New Method to Rapidly Analyze Viral Vaccines With Laser Force Cytology

In a new study, scientists and bioengineers discuss how researchers may soon have the ability to rapidly analyze viral vaccines, which would speed development, production and ensure the vaccine’s effectiveness.

Current techniques for measuring viral infectivity are generally slow, labor-intensive and difficult to standardize, which often creates a bottleneck in the development process.

The measurement of infectious virus concentration is critical for vaccine safety and efficacy and is used throughout R&D, biomanufacturing, release testing, and clinical trials.

Many existing systems for viral quantification rely on fluorescently tagged antibodies (labels), that for new viruses could require many months to a year or more to develop and test thoroughly.

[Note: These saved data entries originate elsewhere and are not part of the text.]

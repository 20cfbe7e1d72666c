// Owned code as block code, procedure by procedure and line by line.
ghost use Rattle.std.specs.Prelude.{◌≡◌, IfOk, map};
ghost use Rattle.flat_code.specs.declared.block.BlockLine.TheVariants.{Plain};
ghost use Rattle.flat_code.specs.Codes.{each_line};
ghost use Rattle.goto_exceptions.specs.Branches.{IsBranched};

use arc_base::{Items, Memory, agreement};
use flat_code::{BlockLine, Blocks, CodeProc, Owned, OwnedLine, codes, copied};
use std::alloc::Global;

/// Block code does at most so many times the work of the owned code that it is of.
pub const PACE: u32 = 1;

/// It has at most so many lines for each line of the owned code.
pub const LINES_EACH: u32 = 1;

fn block_lines(alloc: Global, lines: &[OwnedLine]) -> Result<Items<BlockLine>, Memory>
    ensures { IfOk result (λ block. block ≡ map Plain lines.now) }
{
    let mut block = Items::new(alloc);
    for line in lines {
        let line = line.copied(alloc)?;
        block.push(BlockLine::Plain(line))?;
    }
    Ok(block)
}

fn block_proc(alloc: Global, proc: &CodeProc<OwnedLine>) -> Result<CodeProc<BlockLine>, Memory>
    ensures { IfOk result (λ block. block ≡ each_line Plain proc.now) }
{
    let places = copied(alloc, proc.places.as_slice())?;
    let lines = block_lines(alloc, proc.lines.as_slice())?;
    Ok(CodeProc {
        first: proc.first,
        span: proc.span,
        places,
        lines,
        hook: proc.hook,
    })
}

fn block_procs(
    alloc: Global,
    procs: &[CodeProc<OwnedLine>],
) -> Result<Items<CodeProc<BlockLine>>, Memory>
    ensures { IfOk result (λ block. block ≡ map (each_line Plain) procs.now) }
{
    let mut block = Items::new(alloc);
    for proc in procs {
        let next = block_proc(alloc, proc)?;
        block.push(next)?;
    }
    Ok(block)
}

/// Block code that does what owned code does, where that is never at a fault.
pub fn branches(alloc: Global, owned: &Owned) -> Result<Blocks, Memory>
    ensures { IfOk result (λ blocks. IsBranched owned.now blocks) }
{
    agreement();
    codes();
    let procs = block_procs(alloc, owned.procs.as_slice())?;
    Ok(Blocks { procs })
}
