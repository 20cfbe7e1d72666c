// Tuples, arrays and sequences, and the names of parts.
ghost use Rattle.std.specs.Prelude.{◌≡◌, ◌<◌, ℕ, List, [], length, map, nat_eq, if◌then◌else◌};
ghost use Rattle.std.specs.Prelude.{IfOk, IfErr, Some};
ghost use Rattle.std.specs.Option.{option_copied};
ghost use Rattle.arc_base.specs.declared.place.Stop.TheVariants as Stop;
ghost use Rattle.arc_base.specs.Refusal.{Answers};
ghost use Rattle.nim_tree.specs.Terms.{term_of, parts_of};
ghost use Rattle.nim_types.specs.Types.{Ty, Facts, tuple};
ghost use Rattle.nim_types.specs.Table.{type_at, types_at, AllBelow, IsBelow, IsWithin, meant};
ghost use Rattle.nim_program.specs.View.{expr_of, if_type};
ghost use Rattle.expr_rules.specs.Env.{Env};
ghost use Rattle.expr_rules.specs.Answers.{inner, Valued};
ghost use Rattle.expr_rules.specs.Constructions.{part_names, has_twice, are_names, tuple_type};
ghost use Rattle.expr_rules.specs.Constructions.{make_tuple, tuple_rule, array_want, tuple_wants};
ghost use Rattle.expr_rules.specs.Constructions.{sequence_want, array_rule, sequence_rule};
ghost use Rattle.expr_parts.specs.View.{Under, Grown, AllFormed, want_of, valued_of, number_of};
ghost use Rattle.expr_builds.specs.ViewBuilt.{part_name, or_tuple};
ghost use Rattle.expr_parts.specs.ViewReady.{WantWithin, ValuesWithin};
ghost use Rattle.expr_builds.specs.ViewBuilt.{first_number, IsTuple, TakesTuple, wants_of};
ghost use Rattle.expr_builds.specs.ViewBuilt.{has_names};

use arc_base::{Bytes, Code, Items, Place, Stop};
use expr_parts::branching::wanted;
use expr_parts::elements::{array_of, empty_sequence, sequence_of};
use expr_parts::grow::add;
use expr_parts::kinds::entry;
use expr_parts::nodes::applied;
use expr_parts::sizes::is_sized;
use expr_parts::value::{Value, Want, operands_in, refusal};
use indent_scanner::normal_form;
use nim_program::{Expr, Operation};
use nim_tree::Expr as Tree;
use nim_types::{TypeDef, TypeId, TypeTable};
use std::alloc::Global;
use std::collections::HashSet;

// The name of a part, as it is written.
fn part_name(part: &Tree) -> Option<&Bytes>
    ensures { option_copied result ≡ part_name (term_of part.now) }
{
    match part {
        Tree::Named { text, .. } => Some(text),
        _ => None,
    }
}

/// The names of parts in normal form, up to the first part without a name.
pub fn part_names(alloc: Global, parts: &[Tree]) -> Result<Items<Bytes>, Stop>
    ensures names { IfOk result (λ names. names ≡ part_names (parts_of parts.now)) }
    ensures memory { IfErr result (λ stop. stop ≡ Stop.Memory) }
{
    let mut names = Items::new(alloc);
    for part in parts {
        let Some(text) = part_name(part) else {
            return Ok(names);
        };
        let name = normal_form(alloc, text.as_slice())?;
        names.push(name)?;
    }
    Ok(names)
}

/// Whether one of the names comes twice.
pub fn has_twice(alloc: Global, names: &[Bytes]) -> Result<bool, Stop>
    ensures twice { IfOk result (λ twice. has_twice names.now ≡ twice) }
    ensures memory { IfErr result (λ stop. stop ≡ Stop.Memory) }
{
    let mut seen = HashSet::new(alloc);
    for name in names {
        if !seen.insert(name.as_slice())? {
            return Ok(true);
        }
    }
    Ok(false)
}

fn has_names(names: &[Bytes]) -> bool
    ensures { has_names names.now ≡ result }
{
    match names.split_first() {
        Some(_) => true,
        None => false,
    }
}

// Whether so many parts have names of their own, or none has one.
fn are_names(alloc: Global, names: &[Bytes], count: usize) -> Result<bool, Stop>
    ensures names { IfOk result (λ are. (vs : List Valued) → length vs ≡ count
        → are_names names.now vs ≡ are) }
    ensures memory { IfErr result (λ stop. stop ≡ Stop.Memory) }
{
    if !has_names(names) {
        return Ok(true);
    }
    let named = names.len();
    if named != count {
        return Ok(false);
    }
    let twice = has_twice(alloc, names)?;
    Ok(!twice)
}

// Whether it is a tuple of parts of these types.
fn is_of(def: &TypeDef, parts: &[TypeId]) -> bool
    ensures { IsTuple def.now parts.now result }
{
    match def {
        TypeDef::Tuple { parts: own, .. } => own.as_slice() == parts,
        _ => false,
    }
}

fn if_of(id: TypeId, def: &TypeDef, parts: &[TypeId]) -> Option<TypeId>
    ensures takes { TakesTuple id def.now parts.now result }
{
    if is_of(def, parts) { Some(id) } else { None }
}

// The type that its place gives a tuple without names.
fn taken(types: &TypeTable, want: Want, names: &[Bytes], parts: &[TypeId]) -> Option<TypeId>
    requires want { WantWithin (length types.now) want }
    requires parts { AllBelow (length types.now) parts.now }
    ensures takes { (ts : List Ty) (facts : Facts) → Under types.now ts facts
        → tuple_type names.now (want_of ts want) (types_at ts parts.now)
        ≡ or_tuple (if_type ts result) (tuple names.now (types_at ts parts.now)) }
    ensures within { IsBelow (length types.now) result }
{
    if has_names(names) {
        return None;
    }
    match want {
        Want::Whole(id) => if_of(id, entry(types, id), parts),
        Want::Inner(_) | Want::Nothing => None,
    }
}

// The type of a tuple of parts of these types.
fn tuple_type(
    types: &mut TypeTable,
    want: Want,
    names: Items<Bytes>,
    parts: Items<TypeId>,
) -> Result<TypeId, Stop>
    requires want { WantWithin (length types.old) want }
    requires parts { AllBelow (length types.old) parts }
    ensures grown { Grown types.old types.new }
    ensures means { IfOk result (λ id. (ts : List Ty) (facts : Facts) → Under types.new ts facts
        → type_at ts id ≡ tuple_type names (want_of ts want) (types_at ts parts)) }
    ensures below { IfOk result (λ id. id < length types.new) }
    ensures memory { IfErr result (λ stop. stop ≡ Stop.Memory) }
{
    if let Some(id) = taken(types, want, names.as_slice(), parts.as_slice()) {
        return Ok(id);
    }
    add(types, TypeDef::Tuple { names, parts })
}

// The types of values, in order.
fn types_of(alloc: Global, values: &[Value]) -> Result<Items<TypeId>, Stop>
    ensures types { IfOk result (λ is. is ≡ map (λ v. v.ty) values.now) }
    ensures memory { IfErr result (λ stop. stop ≡ Stop.Memory) }
{
    let mut types = Items::new(alloc);
    for value in values {
        types.push(value.ty)?;
    }
    Ok(types)
}

fn make_tuple(
    alloc: Global,
    types: &TypeTable,
    number: u32,
    at: Place,
    ty: TypeId,
    values: Vec<Value>,
) -> Result<Expr, Stop>
    requires ty { ty < length types.now }
    requires formed { AllFormed types.now }
    ensures answers { (ts : List Ty) (env : Env) → Under types.now ts env.facts
        → Answers (expr_of ts) (make_tuple env number at (type_at ts ty)
        (map (valued_of ts) values.items)) result }
    ensures number { IfOk result (λ e. number_of e ≡ Some ty) }
{
    if !is_sized(types, ty) {
        return Err(refusal(Code::NotTyped, at));
    }
    let parts = operands_in(alloc, values)?;
    Ok(applied(number, at, Some(ty), Operation::Make, parts))
}

/// A tuple of values, one for each of these parts.
pub fn tuple_rule(
    alloc: Global,
    types: &mut TypeTable,
    want: Want,
    number: u32,
    at: Place,
    parts: &[Tree],
    values: Vec<Value>,
) -> Result<Expr, Stop>
    requires want { WantWithin (length types.old) want }
    requires values { ValuesWithin (length types.old) values.items }
    requires formed { AllFormed types.old }
    ensures grown { Grown types.old types.new }
    ensures answers { (ts : List Ty) (env : Env) → Under types.new ts env.facts
        → Answers (expr_of ts) (tuple_rule env (want_of ts want) number at
        (part_names (parts_of parts.now)) (map (valued_of ts) values.items)) result }
    ensures within { IfOk result (λ e. IsBelow (length types.new) (number_of e)) }
{
    let names = part_names(alloc, parts)?;
    let are = are_names(alloc, names.as_slice(), values.len())?;
    if !are {
        return Err(refusal(Code::NotTyped, at));
    }
    let own = types_of(alloc, values.as_slice())?;
    let ty = tuple_type(types, want, names, own)?;
    make_tuple(alloc, types, number, at, ty, values)
}

// The types of the parts of a tuple.
fn parts_in(def: &TypeDef) -> &[TypeId]
    ensures means { (ts : List Ty) → wants_of (meant ts def.now)
        ≡ map (λ id. inner (type_at ts id)) result.now }
    ensures within { (n : ℕ) → IsWithin n def.now → AllBelow n result.now }
{
    match def {
        TypeDef::Tuple { parts, .. } => parts.as_slice(),
        _ => &[],
    }
}

// The numbers again, where they are so many.
fn if_count(alloc: Global, numbers: &[TypeId], count: usize) -> Result<Vec<TypeId>, Stop>
    ensures same { IfOk result (λ all. all.items ≡ if nat_eq (length numbers.now) count
        then numbers.now else []) }
    ensures memory { IfErr result (λ stop. stop ≡ Stop.Memory) }
{
    let mut all = Vec::new(alloc);
    if numbers.len() == count {
        all.extend_from_slice(numbers)?;
    }
    Ok(all)
}

/// What so many parts of a tuple want, by the types of inner places; none where nothing is wanted.
pub fn tuple_wants(
    alloc: Global,
    types: &TypeTable,
    wanted: Option<TypeId>,
    count: usize,
) -> Result<Vec<TypeId>, Stop>
    requires { IsBelow (length types.now) wanted }
    ensures wants { IfOk result (λ all. (ts : List Ty) (facts : Facts) → Under types.now ts facts
        → tuple_wants (if_type ts wanted) count ≡ map (λ id. inner (type_at ts id)) all.items) }
    ensures within { IfOk result (λ all. AllBelow (length types.now) all.items) }
    ensures memory { IfErr result (λ stop. stop ≡ Stop.Memory) }
{
    match wanted {
        Some(ty) => if_count(alloc, parts_in(entry(types, ty)), count),
        None => Ok(Vec::new(alloc)),
    }
}

// What the elements of an array want.
fn elements_of(def: &TypeDef) -> Want
    ensures means { (ts : List Ty) → want_of ts result ≡ array_want (Some (meant ts def.now)) }
    ensures within { (n : ℕ) → IsWithin n def.now → WantWithin n result }
{
    match def {
        TypeDef::Array { of, .. } => Want::Inner(*of),
        _ => Want::Nothing,
    }
}

/// What the elements of an array want, where its place wants a type.
pub fn array_want(types: &TypeTable, wanted: Option<TypeId>) -> Want
    requires wanted { IsBelow (length types.now) wanted }
    ensures means { (ts : List Ty) (facts : Facts) → Under types.now ts facts
        → want_of ts result ≡ array_want (if_type ts wanted) }
    ensures within { WantWithin (length types.now) result }
{
    match wanted {
        Some(ty) => elements_of(entry(types, ty)),
        None => Want::Nothing,
    }
}

// What the elements of a sequence want.
fn items_of(def: &TypeDef) -> Want
    ensures means { (ts : List Ty) → want_of ts result ≡ sequence_want (Some (meant ts def.now)) }
    ensures within { (n : ℕ) → IsWithin n def.now → WantWithin n result }
{
    match def {
        TypeDef::Seq(of) => Want::Inner(*of),
        _ => Want::Nothing,
    }
}

/// What the elements of a sequence want, where its place wants a type.
pub fn sequence_want(types: &TypeTable, wanted: Option<TypeId>) -> Want
    requires wanted { IsBelow (length types.now) wanted }
    ensures means { (ts : List Ty) (facts : Facts) → Under types.now ts facts
        → want_of ts result ≡ sequence_want (if_type ts wanted) }
    ensures within { WantWithin (length types.now) result }
{
    match wanted {
        Some(ty) => items_of(entry(types, ty)),
        None => Want::Nothing,
    }
}

// The type of the first value.
fn first_type(values: &[Value]) -> Option<TypeId>
    ensures first { result ≡ first_number values.now }
    ensures within { (n : ℕ) → ValuesWithin n values.now → IsBelow n result }
{
    match values.first() {
        Some(value) => Some(value.ty),
        None => None,
    }
}

/// An array of values, which have one type.
pub fn array_rule(
    alloc: Global,
    types: &mut TypeTable,
    number: u32,
    at: Place,
    values: Vec<Value>,
) -> Result<Expr, Stop>
    requires values { ValuesWithin (length types.old) values.items }
    requires formed { AllFormed types.old }
    ensures grown { Grown types.old types.new }
    ensures answers { (ts : List Ty) (env : Env) → Under types.new ts env.facts
        → Answers (expr_of ts) (array_rule env number at (map (valued_of ts) values.items)) result }
    ensures within { IfOk result (λ e. IsBelow (length types.new) (number_of e)) }
{
    match first_type(values.as_slice()) {
        Some(of) => array_of(alloc, types, number, at, of, values),
        None => Err(refusal(Code::NotTyped, at)),
    }
}

/// A sequence of values, which have one type.
pub fn sequence_rule(
    alloc: Global,
    types: &mut TypeTable,
    want: Want,
    number: u32,
    at: Place,
    values: Vec<Value>,
) -> Result<Expr, Stop>
    requires want { WantWithin (length types.old) want }
    requires values { ValuesWithin (length types.old) values.items }
    ensures grown { Grown types.old types.new }
    ensures answers { (ts : List Ty) (facts : Facts) → Under types.new ts facts
        → Answers (expr_of ts) (sequence_rule (want_of ts want) number at
        (map (valued_of ts) values.items)) result }
    ensures within { IfOk result (λ e. IsBelow (length types.new) (number_of e)) }
{
    match first_type(values.as_slice()) {
        Some(of) => sequence_of(alloc, types, number, at, of, values),
        None => empty_sequence(alloc, types, number, at, wanted(want)),
    }
}
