//! Values that are built of parts, written types, and the labels of a `case`.
#![tactic(auto)]

pub mod label_list;
pub mod plans;
pub mod ranges;
pub mod tuples;
pub mod written;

In this study, the authors demonstrate two scenarios for improved detection of viral infection of vesicular stomatitis virus (VSV) in a mammalian cell line.

VSV is commonly used for vaccine production including several candidate vaccines against emerging infectious diseases such as the Ebola, Lassa, and Nipah viruses.

The first is for cells that are already infected with VSV during an ongoing bioprocess that can be analyzed immediately using Radiance (5-10 min instrumental process and analysis time) representing a 400 to 800-fold reduction in the time required to obtain an answer (72 hours in the conventional end-point dilution process).

This capability is truly game-changing as Radiance offers researchers real-time monitoring of viral infectivity, something which currently is not possible using standard techniques. This allows near real-time process control and monitoring.

In the 2nd scenario, rapid viral infectivity determination for crude or purified virus solutions, where samples of the preparation can be taken, applied to suspension or adherent cells and then incubated for a 3-7X shorter period (depending on the virus and cells used) before automated analysis using Radiance.

The authors showed how VSV infectivity measurements based upon LFC and Radiance were more sensitive and yielded results in 16 hours versus the 72 hours required using conventional method, endpoint dilution. 

In addition to the shorter incubation period, the results do not rely on operator interpretation and require less labor, further reducing costs.

LumaCyte's Radiance™ instrument is a label-free automated high content cell analyzer and sorter that measures the optical force, size, shape, deformability, and captures images of single cells.

By measuring intrinsic biophysical and biochemical properties of single cells, cellular changes due to viral infection can be rapidly, repeatedly, and objectively quantitated. LFC is very sensitive to agents that perturb cellular structures or change biochemical composition.

High-quality, viral infectivity measurements can be made in a fraction of the time, labor, and cost of traditional assays such as plaque or endpoint dilution or in near real-time throughout the infection process.

"Rapid Quantification of Vesicular Stomatitis Virus in Vero cells using Laser Force Cytology", Colin G. Heberta, Nicole DiNardob, Zachary L. Evansa, Sean J. Harta, and Anna-Barbara Hachmannb.

This study appears in Vaccine, Volume 36, Issue 41 (2018), Published by Elsevier.